Late that year, the Information Awareness Office awarded the Science Applications International Corporation (SAIC) a $19 million contract to develop the "Information Awareness Prototype System", the core architecture to integrate all of TIA's information extraction, analysis, and dissemination tools. This was done through its consulting arm, Hicks & Associates, which employed many former Defense Department and military officials.

Congressional restrictions and termination

On 24 January 2003, the United States Senate voted to limit TIA by restricting its ability to gather information from emails and the commercial databases of health, financial and travel companies. According to the Consolidated Appropriations Resolution, 2003, Pub. L. No. 108-7, Division M, § 111(b) passed in February, the Defense Department was given 90 days to compile a report laying out a schedule of TIA's development and the intended use of allotted funds or face a cutoff of support.

The report arrived on May 20. It disclosed that the program's computer tools were still in their preliminary testing phase. Concerning the pattern recognition of transaction information, only synthetic data created by researchers was being processed. The report also conceded that a full prototype of TIA would not be ready until the 2007 fiscal year.

At some point in early 2003, the National Security Agency began installing access nodes on TIA's classified network.

On September 30, 2003, Congress officially cut off TIA's funding and the Information Awareness Office (with the Senate voting unanimously against it) because of its unpopular perception by the general public and the media. Senators Ron Wyden and Byron Dorgan led the effort.

After 2003

Reports began to emerge in February 2006 that TIA's components had been transferred to the authority of the NSA. In the Department of Defense appropriations bill for the 2004 fiscal year, a classified annex provided the funding. It was stipulated that the technologies were limited for military or foreign intelligence purposes against non-U.S. citizens. Most of the original project goals and research findings were preserved, but the privacy protection mechanics were abandoned.

Criticism

Critics said that the program could be abused by government authorities as part of their practice of mass surveillance in the United States. In an op-ed for The New York Times, William Safire called it "the supersnoop's dream: a Total Information Awareness about every U.S. citizen".

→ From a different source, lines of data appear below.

ghost use Rattle.std.specs.Prelude.{◌≡◌};
ghost use Rattle.meaning.specs.Effect.{is_in, is_positive, number_of};
ghost use Rattle.meaning.specs.Meaning.{calculated, combined, default_width, is_so, operated, overflow_of, relates};
ghost use Rattle.meaning.specs.Meaning.{unless_overflow};
ghost use Rattle.interpreter_state.specs.Answers.{Answers, bounds_tested, checked, index_tested};
ghost use Rattle.interpreter_state.specs.Answers.{number_tested, positive};
ghost use Rattle.interpreter_state.specs.Answers.{value_before};

use meaning::{Ordinal, Value};
use members::sets::is_within;
use typed_tree::{
    Calculation, Direction, Dyadic, ForHead, Monadic, RangeTest, Relation, Representation, Shift,
};
use types::OrdinalRange;

// The default total widths (ISO 7185:1990, 6.9.3.1).
const INTEGER_WIDTH: i32 = 10;

const BOOLEAN_WIDTH: i32 = 5;

const CHAR_WIDTH: i32 = 1;

// The least total width (6.9.3.1).
const LEAST_WIDTH: i64 = 1;

/// The number of an operation on one operand, or the site of its error (ISO 7185:1990, 6.7.2, 6.6.6).
pub fn operated_number(operation: Monadic, number: Ordinal) -> Result<Ordinal, u32>
    ensures { Answers (operated operation number) result }
{
    match operation {
        Monadic::Plain(does) => calculated_number(does, number),
        Monadic::Tested { fits, does } => shifted_number(fits, does, number),
    }
}

// What is calculated from a number, or the site of its overflow.
fn calculated_number(does: Calculation, number: Ordinal) -> Result<Ordinal, u32>
    ensures { Answers (unless_overflow (overflow_of does) (calculated does number)) result }
{
    match does {
        Calculation::Same | Calculation::Ordinal => Ok(number),
        Calculation::Negative => Ok(number.negated()),
        Calculation::Complement => Ok(Ordinal::truth(!number.is_true())),
        Calculation::Absolute => Ok(number.magnitude()),
        Calculation::Square { overflow } => number.times(number).ok_or(overflow),
        Calculation::Parity => Ok(Ordinal::truth(number.is_odd())),
    }
}

// The result behind a test, or the site of the test.
fn shifted_number(fits: RangeTest, does: Shift, number: Ordinal) -> Result<Ordinal, u32>
    ensures { Answers (operated (Monadic.Tested fits does) number) result }
{
    if !is_in(fits.range, &Value::Number(number)) {
        return Err(fits.site);
    }
    Ok(match does {
        Shift::Same => number,
        Shift::Next => number.successor(),
        Shift::Previous => number.predecessor(),
    })
}

/// The number of an operation on two numbers, or the site of its error (ISO 7185:1990, 6.7.2).
pub fn combined_number(operation: Dyadic, left: Ordinal, right: Ordinal) -> Result<Ordinal, u32>
    ensures { Answers (combined operation left right) result }
{
    match operation {
        Dyadic::Plus { overflow } => left.plus(right).ok_or(overflow),
        Dyadic::Minus { overflow } => left.minus(right).ok_or(overflow),
        Dyadic::Times { overflow } => left.times(right).ok_or(overflow),
        Dyadic::Div { by_zero } if right.number() == 0 => Err(by_zero),
        Dyadic::Div { .. } => Ok(left.quotient(right)),
        Dyadic::Mod { by_zero_or_less } if right.number() < 1 => Err(by_zero_or_less),
        Dyadic::Mod { .. } => Ok(left.modulus(right)),
        Dyadic::And => Ok(Ordinal::truth(left.is_true() && right.is_true())),
        Dyadic::Or => Ok(Ordinal::truth(left.is_true() || right.is_true())),
        Dyadic::Relation(relation) => Ok(Ordinal::truth(is_related(relation, left, right))),
        Dyadic::Union
        | Dyadic::Difference
        | Dyadic::Intersection
        | Dyadic::SetRelation(_)
        | Dyadic::In => Ok(Ordinal::new(0)),
    }
}

// Whether two ordinals are in a relation.
pub(crate) fn is_related(relation: Relation, left: Ordinal, right: Ordinal) -> bool
    ensures { result ≡ relates relation left right }
{
    match relation {
        Relation::Equal => left.equals(right),
        Relation::NotEqual => !left.equals(right),
        Relation::Less => left.is_less_than(right),
        Relation::Greater => right.is_less_than(left),
        Relation::LessOrEqual => left.is_at_most(right),
        Relation::GreaterOrEqual => right.is_at_most(left),
    }
}

/// The value, if it lies in the range of a type.
pub fn value_in(range: OrdinalRange, value: Value) -> Option<Value>
    ensures { result ≡ checked range value }
{
    is_in(range, &value).then_some(value)
}

// Whether a value lies in the range of a type.
fn is_in(range: OrdinalRange, value: &Value) -> bool
    ensures { result ≡ is_in range value.now }
{
    match value {
        Value::Number(number) => {
            number.is_integer() && number.is_within(range.first, range.last)
        }
        Value::Members(set) => is_within(*set, range.first, range.last),
    }
}

/// The bounds of a for, or nothing where they leave no value between them; or the site at which one of them is outside
/// the type of the control variable, the first tested first (ISO 7185:1990, 6.8.3.9).
pub fn tested_bounds(
    head: &ForHead,
    first: Ordinal,
    last: Ordinal,
) -> Result<Option<(i32, i32)>, u32>
    ensures { result ≡ bounds_tested head.now first last }
{
    let any = match head.direction {
        Direction::To => first.is_at_most(last),
        Direction::DownTo => last.is_at_most(first),
    };
    if any {
        let first = tested_number(head.first.fits, first)?;
        let last = tested_number(head.last.fits, last)?;
        Ok(Some((first, last)))
    } else {
        Ok(None)
    }
}

/// A number in the range of a type, or the site of its test.
pub fn tested_number(fits: RangeTest, number: Ordinal) -> Result<i32, u32>
    ensures { result ≡ number_tested fits number }
{
    match i32::try_from(number.number()) {
        Ok(inside) if is_in(fits.range, &Value::Number(number)) => Ok(inside),
        _ => Err(fits.site),
    }
}

/// The number of an index in the range of a type, or the site of its test.
pub fn tested_index(fits: RangeTest, index: Value) -> Result<i32, u32>
    ensures { result ≡ index_tested fits index }
{
    match index {
        Value::Number(number) => tested_number(fits, number),
        Value::Members(_) if is_in(fits.range, &index) => Ok(0),
        Value::Members(_) => Err(fits.site),
    }
}

/// The next value of a control variable, on its way to the last one.
pub fn value_toward(direction: Direction, last: i32, value: i32) -> Option<i32>
    ensures { result ≡ value_before direction last value }
{
    match direction {
        Direction::To if value < last => Some(value + 1),
        Direction::DownTo if last < value => Some(value - 1),
        _ => None,
    }
}

/// The number of a value.
pub fn number_of(value: Value) -> Ordinal
    ensures { result ≡ number_of value }
{
    match value {
        Value::Number(number) => number,
        Value::Members(_) => Ordinal::new(0),
    }
}

/// The truth value that a value is.
pub fn truth_of(value: Value) -> bool
    ensures { result ≡ is_so value }
{
    number_of(value).is_true()
}

/// A width that is at least 1, or the site of its test (ISO 7185:1990, 6.9.3.1).
pub fn positive_width(width: Ordinal, site: u32) -> Result<Ordinal, u32>
    ensures { Answers (positive site width) result }
{
    if LEAST_WIDTH <= width.number() {
        Ok(width)
    } else {
        Err(site)
    }
}

/// The width of a value for which none is given (ISO 7185:1990, 6.9.3.1).
pub fn width_by_default(representation: Representation) -> Ordinal
    ensures { result ≡ default_width representation }
{
    Ordinal::new(match representation {
        Representation::Char => CHAR_WIDTH,
        Representation::Integer => INTEGER_WIDTH,
        Representation::Boolean => BOOLEAN_WIDTH,
    })
}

Hans Mark, a former director of defense research and engineering at the University of Texas, called it a "dishonest misuse of DARPA".

The American Civil Liberties Union launched a campaign to terminate TIA's implementation, saying that it would "kill privacy in America" because "every aspect of our lives would be catalogued". The San Francisco Chronicle criticized the program for "Fighting terror by terrifying U.S. citizens".

In 2013 former Director of National Intelligence James Clapper lied about a massive data collection on US citizens and others. Edward Snowden said that because of Clapper's lie he lost hope of changing things formally.